The couple found out about Al Wasl Hospital's initiative in the month before their daughter was born. "We were planning to buy one anyway, but when we found out the hospital [where they were booked to have the child] was giving away free seats, we were very fortunate," says Ramaswami. "It is a good thing what they are doing."

"I am 200 per cent behind using baby seats, that is very important," he says.

Another supporter of Chevrolet's initiative is Lesley Cully, founder of the Buckle Up in the Back Dubai Facebook group, which now has more than 1,000 fans. She met with Al Wasl Hospital staff so she could promote the initiative through Facebook.

"I have been approached by car companies [who are involved in child safety seat initiatives] who want to work with me exclusively," she says. But Cully says that, rather than working exclusively with one brand, she would prefer it if all the brands ran their own campaigns as they see fit, but had a consistent message, ideally with everyone using the phrase "buckle up".

"If we get the words 'buckle up' in people's heads, it will start to stick," Cully says.

Since starting her group in May, Cully has appeared on television and has now embarked on a campaign to distribute leaflets in English and Arabic and to speak to school students in the hope that they will learn to wear seat belts and encourage their families to do the same.

"I am a big believer in pester power," she says. "If at my daughter's school someone can visit from the dentists and tell them how to brush their teeth, then surely the same idea can be applied to getting people to buckle up."

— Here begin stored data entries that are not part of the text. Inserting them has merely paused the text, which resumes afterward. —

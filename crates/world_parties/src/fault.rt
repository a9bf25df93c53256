//! Why an event of a world cannot happen.

use std::alloc::{AllocError, AllocFailed};
use thiserror::Error;
use transactions::Fault;

/// Why an event can't happen. Of two causes the one of the smaller number is told.
#[derive(Clone, Copy, Debug, Error, PartialEq, Eq)]
pub enum FaultNumber {
    /// No message has been given this number.
    #[error("no such message")]
    NoSuchMessage = 1,
    /// No such validator or client; a liar where a correct validator is wanted, or the other way.
    #[error("no such party")]
    NoSuchParty = 2,
    /// The client has sent its close.
    #[error("the client has closed")]
    ClientClosed = 3,
    /// What it is about has no encoding: a value or a transaction above a limit, or a field out of its range.
    #[error("it cannot be spelled")]
    TooLong = 4,
    /// A growth was refused memory.
    #[error("out of memory")]
    OutOfMemory = 5,
    /// The client has a session in which it has not sent its close.
    #[error("the client has not closed")]
    NotClosed = 6,
}

impl From<AllocError> for FaultNumber {
    ghost use Rattle.std.specs.Prelude.{◌≡◌};
    ghost use Rattle.world_parties.specs.declared.fault.FaultNumber.TheVariants.{OutOfMemory};

    ghost from_gives = { λ _ e. e ≡ OutOfMemory };

    fn from(_e: AllocError) -> FaultNumber {
        FaultNumber::OutOfMemory
    }
}

impl<T: Drop> From<AllocFailed<T>> for FaultNumber {
    ghost use Rattle.std.specs.Prelude.{◌≡◌};
    ghost use Rattle.world_parties.specs.declared.fault.FaultNumber.TheVariants.{OutOfMemory};

    ghost from_gives = { λ _ e. e ≡ OutOfMemory };

    fn from(_e: AllocFailed<T>) -> FaultNumber {
        FaultNumber::OutOfMemory
    }
}

impl From<Fault> for FaultNumber {
    ghost use Rattle.std.specs.Prelude.{◌≡◌};
    ghost use Rattle.world_parties.specs.Faults.{of_spelling};

    ghost from_gives = { λ fault e. e ≡ of_spelling fault };

    /// What has no spelling is too long, or out of its range.
    fn from(fault: Fault) -> FaultNumber {
        match fault {
            Fault::OutOfMemory => FaultNumber::OutOfMemory,
            _ => FaultNumber::TooLong,
        }
    }
}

Ahmad, who met with Cully at the hospital, agrees. "In my family, they know that the rule in Aunty Naima's car is to wear seat belts."

Ahmad and Cully agree that there are bigger cultural issues to be addressed to ensure children take good habits into adulthood and to change the minds of parents.

At the school attended by Ahmad's children, seat belts are mandatory on the school bus, but pupils often unbuckle after the teacher has checked. But Ahmad says her children remain buckled up. "Even if they get bullied, it doesn't matter, they keep their seat belts on," Ahmad says.

Ahmad also says that the excuse given by the parents of large families is that if a baby safety seat is fitted in a car, there will be no room for the other children. "We still have a lot of work to do," she says.